#### Assignment
Below is a listing from which only part is wanted; return exactly the lines from the one with "of the recording." up to and including the one with "read_sheet(sheet, place)?;".

#### Data extracts
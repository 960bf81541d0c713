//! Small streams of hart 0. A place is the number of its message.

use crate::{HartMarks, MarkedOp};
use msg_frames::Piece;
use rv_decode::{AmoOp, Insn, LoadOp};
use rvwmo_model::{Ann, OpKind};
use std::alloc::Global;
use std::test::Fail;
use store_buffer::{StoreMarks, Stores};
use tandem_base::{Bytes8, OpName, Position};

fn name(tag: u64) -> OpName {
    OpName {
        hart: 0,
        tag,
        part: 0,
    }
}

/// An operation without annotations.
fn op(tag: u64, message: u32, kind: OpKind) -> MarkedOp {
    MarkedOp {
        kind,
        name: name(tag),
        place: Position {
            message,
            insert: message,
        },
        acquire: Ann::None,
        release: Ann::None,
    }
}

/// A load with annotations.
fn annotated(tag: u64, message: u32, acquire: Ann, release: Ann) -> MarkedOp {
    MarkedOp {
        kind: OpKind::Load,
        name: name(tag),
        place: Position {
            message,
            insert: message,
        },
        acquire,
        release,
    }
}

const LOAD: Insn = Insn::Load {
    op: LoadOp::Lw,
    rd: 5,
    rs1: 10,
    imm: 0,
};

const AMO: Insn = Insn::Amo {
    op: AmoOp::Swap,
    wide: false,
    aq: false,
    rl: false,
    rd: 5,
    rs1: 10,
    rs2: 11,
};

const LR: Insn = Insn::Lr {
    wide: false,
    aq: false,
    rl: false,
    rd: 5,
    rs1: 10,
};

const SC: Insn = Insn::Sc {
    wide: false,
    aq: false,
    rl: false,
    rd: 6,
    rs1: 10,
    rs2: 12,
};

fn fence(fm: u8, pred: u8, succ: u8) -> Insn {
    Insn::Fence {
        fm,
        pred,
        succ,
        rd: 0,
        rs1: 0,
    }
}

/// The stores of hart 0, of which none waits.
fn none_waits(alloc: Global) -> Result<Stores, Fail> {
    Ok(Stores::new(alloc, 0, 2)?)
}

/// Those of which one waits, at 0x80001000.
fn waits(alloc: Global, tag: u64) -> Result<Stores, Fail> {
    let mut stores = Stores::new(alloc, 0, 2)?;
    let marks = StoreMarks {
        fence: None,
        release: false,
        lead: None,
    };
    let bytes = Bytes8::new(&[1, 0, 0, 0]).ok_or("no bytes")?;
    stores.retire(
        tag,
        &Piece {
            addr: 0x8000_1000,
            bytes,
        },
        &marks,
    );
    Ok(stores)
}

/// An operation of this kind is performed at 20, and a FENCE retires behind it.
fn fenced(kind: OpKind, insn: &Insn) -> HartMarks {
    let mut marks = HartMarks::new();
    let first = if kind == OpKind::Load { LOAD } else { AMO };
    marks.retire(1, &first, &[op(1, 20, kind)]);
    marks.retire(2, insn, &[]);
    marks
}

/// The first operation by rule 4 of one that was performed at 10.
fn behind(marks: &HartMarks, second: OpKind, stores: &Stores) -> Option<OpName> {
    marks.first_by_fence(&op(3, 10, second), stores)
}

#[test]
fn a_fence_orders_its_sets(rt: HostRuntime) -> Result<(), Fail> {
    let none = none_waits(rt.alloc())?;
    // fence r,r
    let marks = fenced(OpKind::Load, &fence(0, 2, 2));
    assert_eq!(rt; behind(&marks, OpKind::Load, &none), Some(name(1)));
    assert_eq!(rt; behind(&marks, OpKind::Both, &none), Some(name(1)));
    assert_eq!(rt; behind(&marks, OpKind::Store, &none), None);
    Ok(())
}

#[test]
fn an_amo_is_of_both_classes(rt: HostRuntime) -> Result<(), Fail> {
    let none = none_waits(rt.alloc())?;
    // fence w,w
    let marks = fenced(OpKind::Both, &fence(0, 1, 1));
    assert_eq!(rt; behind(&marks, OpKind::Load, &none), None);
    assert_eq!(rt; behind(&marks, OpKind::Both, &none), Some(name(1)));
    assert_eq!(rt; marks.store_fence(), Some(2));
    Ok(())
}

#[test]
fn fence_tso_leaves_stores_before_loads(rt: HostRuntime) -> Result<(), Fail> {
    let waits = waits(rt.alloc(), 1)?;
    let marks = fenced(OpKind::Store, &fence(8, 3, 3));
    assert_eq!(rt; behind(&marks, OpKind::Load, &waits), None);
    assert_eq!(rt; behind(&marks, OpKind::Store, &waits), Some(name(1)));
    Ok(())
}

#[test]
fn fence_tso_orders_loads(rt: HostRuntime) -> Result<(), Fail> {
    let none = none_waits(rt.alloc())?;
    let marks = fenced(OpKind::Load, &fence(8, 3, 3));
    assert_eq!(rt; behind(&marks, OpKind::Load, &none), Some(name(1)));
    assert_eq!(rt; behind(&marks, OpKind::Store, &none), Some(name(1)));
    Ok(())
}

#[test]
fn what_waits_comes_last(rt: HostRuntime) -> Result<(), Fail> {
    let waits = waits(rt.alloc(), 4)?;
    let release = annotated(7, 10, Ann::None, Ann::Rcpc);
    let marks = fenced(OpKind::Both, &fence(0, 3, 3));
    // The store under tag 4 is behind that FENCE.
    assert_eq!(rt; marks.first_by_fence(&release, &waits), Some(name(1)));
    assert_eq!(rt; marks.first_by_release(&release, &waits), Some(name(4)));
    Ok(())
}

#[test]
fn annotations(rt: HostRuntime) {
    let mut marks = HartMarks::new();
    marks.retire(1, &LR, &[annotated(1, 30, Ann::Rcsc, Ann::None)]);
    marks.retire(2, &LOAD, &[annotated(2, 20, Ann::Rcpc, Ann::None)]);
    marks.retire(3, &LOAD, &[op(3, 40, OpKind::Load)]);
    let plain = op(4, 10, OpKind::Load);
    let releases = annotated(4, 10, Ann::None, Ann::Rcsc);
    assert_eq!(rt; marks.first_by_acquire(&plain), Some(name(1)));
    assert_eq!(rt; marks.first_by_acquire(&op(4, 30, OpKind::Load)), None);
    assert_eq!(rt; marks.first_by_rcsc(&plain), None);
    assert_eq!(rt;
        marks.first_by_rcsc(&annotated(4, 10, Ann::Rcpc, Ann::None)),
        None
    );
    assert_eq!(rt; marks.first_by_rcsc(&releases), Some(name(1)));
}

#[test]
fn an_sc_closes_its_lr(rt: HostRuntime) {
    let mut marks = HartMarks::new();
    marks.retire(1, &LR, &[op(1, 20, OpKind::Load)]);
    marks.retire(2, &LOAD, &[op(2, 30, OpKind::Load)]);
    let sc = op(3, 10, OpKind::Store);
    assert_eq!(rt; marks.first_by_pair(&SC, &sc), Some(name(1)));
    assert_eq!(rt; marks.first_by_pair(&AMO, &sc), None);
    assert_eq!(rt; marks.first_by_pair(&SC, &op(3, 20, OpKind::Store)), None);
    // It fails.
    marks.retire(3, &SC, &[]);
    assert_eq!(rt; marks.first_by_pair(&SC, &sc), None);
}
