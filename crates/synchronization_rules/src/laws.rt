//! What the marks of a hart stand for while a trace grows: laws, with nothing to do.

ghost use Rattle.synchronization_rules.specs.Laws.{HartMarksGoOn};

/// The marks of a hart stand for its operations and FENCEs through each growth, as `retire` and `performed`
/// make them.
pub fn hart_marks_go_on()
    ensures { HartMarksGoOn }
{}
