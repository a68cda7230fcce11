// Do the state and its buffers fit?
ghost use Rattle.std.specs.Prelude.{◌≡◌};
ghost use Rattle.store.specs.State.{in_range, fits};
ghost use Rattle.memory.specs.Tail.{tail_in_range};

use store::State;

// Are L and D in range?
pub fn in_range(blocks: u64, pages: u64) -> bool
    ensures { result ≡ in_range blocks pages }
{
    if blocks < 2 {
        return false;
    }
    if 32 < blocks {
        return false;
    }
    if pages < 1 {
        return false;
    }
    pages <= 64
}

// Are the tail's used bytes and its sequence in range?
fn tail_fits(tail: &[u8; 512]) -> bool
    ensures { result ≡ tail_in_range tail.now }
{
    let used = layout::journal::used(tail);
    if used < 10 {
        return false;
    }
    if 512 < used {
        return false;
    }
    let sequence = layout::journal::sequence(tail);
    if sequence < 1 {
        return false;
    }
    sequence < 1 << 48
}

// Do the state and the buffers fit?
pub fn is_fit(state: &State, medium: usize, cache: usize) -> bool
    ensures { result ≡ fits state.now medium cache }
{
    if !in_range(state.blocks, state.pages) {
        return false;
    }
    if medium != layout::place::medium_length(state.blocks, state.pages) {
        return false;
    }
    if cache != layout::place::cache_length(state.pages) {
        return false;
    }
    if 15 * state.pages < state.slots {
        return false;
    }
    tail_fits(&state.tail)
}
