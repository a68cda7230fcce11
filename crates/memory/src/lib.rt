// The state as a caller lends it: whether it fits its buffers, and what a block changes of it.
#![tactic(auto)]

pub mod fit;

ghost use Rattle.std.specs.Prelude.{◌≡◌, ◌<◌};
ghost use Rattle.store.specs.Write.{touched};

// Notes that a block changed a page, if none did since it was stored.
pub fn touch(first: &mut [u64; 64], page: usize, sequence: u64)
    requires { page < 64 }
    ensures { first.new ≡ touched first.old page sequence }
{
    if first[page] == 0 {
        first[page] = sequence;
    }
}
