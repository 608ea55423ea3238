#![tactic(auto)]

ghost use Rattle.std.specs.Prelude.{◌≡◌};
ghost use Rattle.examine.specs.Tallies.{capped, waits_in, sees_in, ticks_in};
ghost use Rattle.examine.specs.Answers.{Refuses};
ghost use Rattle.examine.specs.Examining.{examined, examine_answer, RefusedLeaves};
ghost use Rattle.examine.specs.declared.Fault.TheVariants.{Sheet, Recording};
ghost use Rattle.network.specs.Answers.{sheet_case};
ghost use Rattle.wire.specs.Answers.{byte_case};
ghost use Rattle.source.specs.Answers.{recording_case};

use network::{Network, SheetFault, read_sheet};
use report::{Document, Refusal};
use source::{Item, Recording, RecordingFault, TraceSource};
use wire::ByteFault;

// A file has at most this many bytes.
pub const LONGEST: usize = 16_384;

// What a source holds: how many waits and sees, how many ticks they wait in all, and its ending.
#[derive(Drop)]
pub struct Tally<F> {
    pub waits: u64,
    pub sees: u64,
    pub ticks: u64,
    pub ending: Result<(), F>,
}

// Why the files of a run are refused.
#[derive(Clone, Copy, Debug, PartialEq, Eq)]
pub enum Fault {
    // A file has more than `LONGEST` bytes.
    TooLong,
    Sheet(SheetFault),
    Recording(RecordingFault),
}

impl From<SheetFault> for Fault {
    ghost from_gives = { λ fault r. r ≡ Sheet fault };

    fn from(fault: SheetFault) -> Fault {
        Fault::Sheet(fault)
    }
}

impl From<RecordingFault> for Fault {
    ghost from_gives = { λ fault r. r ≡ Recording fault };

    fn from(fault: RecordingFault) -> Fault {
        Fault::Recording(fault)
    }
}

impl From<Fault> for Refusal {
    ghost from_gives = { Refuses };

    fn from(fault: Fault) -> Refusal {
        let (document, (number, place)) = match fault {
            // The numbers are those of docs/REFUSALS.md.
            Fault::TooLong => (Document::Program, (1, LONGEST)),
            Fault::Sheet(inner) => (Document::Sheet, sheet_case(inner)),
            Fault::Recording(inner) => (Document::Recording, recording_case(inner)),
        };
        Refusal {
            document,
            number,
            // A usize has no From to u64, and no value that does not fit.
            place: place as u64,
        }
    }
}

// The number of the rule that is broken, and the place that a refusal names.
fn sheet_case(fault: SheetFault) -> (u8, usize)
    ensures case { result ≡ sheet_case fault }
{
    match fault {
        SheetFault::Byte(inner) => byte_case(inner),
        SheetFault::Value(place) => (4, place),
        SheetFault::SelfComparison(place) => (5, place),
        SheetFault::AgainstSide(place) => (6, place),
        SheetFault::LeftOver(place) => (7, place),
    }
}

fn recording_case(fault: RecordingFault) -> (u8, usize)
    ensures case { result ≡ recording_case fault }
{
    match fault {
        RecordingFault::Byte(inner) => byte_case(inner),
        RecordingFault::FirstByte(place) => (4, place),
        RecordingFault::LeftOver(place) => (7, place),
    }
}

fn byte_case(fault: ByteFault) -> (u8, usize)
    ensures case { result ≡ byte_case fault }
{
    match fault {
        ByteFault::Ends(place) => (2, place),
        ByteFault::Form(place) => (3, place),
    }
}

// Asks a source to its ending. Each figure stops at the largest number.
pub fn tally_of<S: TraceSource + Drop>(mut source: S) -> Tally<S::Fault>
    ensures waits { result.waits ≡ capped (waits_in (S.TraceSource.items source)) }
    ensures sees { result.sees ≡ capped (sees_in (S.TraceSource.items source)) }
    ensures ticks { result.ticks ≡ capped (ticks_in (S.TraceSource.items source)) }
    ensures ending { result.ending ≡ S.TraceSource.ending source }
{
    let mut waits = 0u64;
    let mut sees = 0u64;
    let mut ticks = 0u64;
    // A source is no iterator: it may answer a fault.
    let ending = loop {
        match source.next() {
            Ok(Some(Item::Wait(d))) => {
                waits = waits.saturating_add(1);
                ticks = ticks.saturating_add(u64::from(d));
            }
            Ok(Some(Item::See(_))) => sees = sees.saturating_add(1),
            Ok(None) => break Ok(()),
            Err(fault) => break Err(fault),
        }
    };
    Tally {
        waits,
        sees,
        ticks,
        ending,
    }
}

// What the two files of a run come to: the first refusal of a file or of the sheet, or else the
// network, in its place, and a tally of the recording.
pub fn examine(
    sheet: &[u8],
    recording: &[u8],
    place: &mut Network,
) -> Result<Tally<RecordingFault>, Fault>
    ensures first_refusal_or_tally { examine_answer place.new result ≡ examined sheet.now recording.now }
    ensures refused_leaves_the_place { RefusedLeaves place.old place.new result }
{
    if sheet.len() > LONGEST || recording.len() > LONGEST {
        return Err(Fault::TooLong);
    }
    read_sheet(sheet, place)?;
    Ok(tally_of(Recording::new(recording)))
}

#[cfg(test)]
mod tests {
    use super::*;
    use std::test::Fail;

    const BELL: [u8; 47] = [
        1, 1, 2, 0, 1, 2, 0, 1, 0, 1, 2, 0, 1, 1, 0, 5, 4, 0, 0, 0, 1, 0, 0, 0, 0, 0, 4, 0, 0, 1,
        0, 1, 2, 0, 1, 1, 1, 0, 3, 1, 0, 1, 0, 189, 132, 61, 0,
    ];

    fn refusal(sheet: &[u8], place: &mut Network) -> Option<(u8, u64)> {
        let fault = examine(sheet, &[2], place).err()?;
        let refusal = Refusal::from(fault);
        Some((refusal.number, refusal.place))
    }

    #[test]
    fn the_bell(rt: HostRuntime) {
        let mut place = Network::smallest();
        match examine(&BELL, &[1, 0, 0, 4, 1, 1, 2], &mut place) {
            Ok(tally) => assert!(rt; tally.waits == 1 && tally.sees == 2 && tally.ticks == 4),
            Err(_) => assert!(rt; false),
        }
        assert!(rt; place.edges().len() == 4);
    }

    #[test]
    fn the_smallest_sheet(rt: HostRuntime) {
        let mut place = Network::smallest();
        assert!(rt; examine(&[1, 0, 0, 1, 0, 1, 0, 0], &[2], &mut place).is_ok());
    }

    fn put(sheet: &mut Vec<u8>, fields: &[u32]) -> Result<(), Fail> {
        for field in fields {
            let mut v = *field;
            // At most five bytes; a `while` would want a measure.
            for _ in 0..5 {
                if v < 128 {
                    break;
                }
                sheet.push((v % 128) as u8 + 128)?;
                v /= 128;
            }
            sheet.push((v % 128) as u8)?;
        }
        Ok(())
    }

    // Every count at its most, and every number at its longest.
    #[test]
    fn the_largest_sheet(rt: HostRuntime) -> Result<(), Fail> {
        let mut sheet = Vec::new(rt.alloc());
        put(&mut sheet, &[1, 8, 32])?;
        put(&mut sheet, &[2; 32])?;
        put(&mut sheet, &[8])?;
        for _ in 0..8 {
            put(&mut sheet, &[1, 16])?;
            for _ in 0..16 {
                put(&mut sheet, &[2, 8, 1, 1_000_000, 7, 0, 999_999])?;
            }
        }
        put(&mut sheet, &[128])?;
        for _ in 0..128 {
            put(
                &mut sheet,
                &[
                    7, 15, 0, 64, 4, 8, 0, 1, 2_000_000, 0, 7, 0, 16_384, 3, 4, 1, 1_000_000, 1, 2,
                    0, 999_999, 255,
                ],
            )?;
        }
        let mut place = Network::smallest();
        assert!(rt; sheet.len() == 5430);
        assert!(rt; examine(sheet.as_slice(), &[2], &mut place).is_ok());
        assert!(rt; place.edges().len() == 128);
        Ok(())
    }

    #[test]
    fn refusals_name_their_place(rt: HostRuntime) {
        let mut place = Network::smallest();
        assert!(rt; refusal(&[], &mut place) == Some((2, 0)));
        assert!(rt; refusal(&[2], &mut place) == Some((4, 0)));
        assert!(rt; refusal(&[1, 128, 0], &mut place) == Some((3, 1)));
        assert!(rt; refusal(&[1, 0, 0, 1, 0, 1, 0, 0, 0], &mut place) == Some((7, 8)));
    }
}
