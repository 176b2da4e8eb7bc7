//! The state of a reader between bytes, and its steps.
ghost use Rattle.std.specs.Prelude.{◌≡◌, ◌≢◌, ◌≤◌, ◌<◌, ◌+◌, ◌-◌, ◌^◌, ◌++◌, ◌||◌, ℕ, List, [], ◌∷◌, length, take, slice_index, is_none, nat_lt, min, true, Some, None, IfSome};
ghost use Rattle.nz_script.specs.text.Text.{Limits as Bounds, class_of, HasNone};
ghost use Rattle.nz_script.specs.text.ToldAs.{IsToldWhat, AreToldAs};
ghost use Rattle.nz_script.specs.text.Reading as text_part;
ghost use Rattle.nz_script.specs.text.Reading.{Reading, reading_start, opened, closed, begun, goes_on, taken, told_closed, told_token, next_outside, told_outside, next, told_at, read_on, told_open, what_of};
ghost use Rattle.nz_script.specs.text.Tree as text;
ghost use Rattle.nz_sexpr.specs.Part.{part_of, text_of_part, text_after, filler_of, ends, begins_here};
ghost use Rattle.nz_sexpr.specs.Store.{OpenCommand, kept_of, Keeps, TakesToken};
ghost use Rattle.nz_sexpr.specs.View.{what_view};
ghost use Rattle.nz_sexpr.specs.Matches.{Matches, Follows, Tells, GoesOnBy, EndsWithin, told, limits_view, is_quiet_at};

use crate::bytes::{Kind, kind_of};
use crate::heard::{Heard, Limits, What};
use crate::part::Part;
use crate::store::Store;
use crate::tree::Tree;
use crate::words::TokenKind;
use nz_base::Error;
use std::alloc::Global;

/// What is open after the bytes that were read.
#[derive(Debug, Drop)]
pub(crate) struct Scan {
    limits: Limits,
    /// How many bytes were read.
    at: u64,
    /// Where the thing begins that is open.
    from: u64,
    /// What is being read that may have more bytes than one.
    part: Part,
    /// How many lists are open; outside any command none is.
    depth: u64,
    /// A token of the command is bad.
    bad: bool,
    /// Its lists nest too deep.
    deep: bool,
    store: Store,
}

#### Answer
// network, in its place, and a tally of the recording.
pub fn examine(
    sheet: &[u8],
    recording: &[u8],
    place: &mut Network,
) -> Result<Tally<RecordingFault>, Fault>
    ensures first_refusal_or_tally { examine_answer place.new result ≡ examined sheet.now recording.now }
    ensures refused_leaves_the_place { RefusedLeaves place.old place.new result }
{
    if sheet.len() > LONGEST || recording.len() > LONGEST {
        return Err(Fault::TooLong);
    }
    read_sheet(sheet, place)?;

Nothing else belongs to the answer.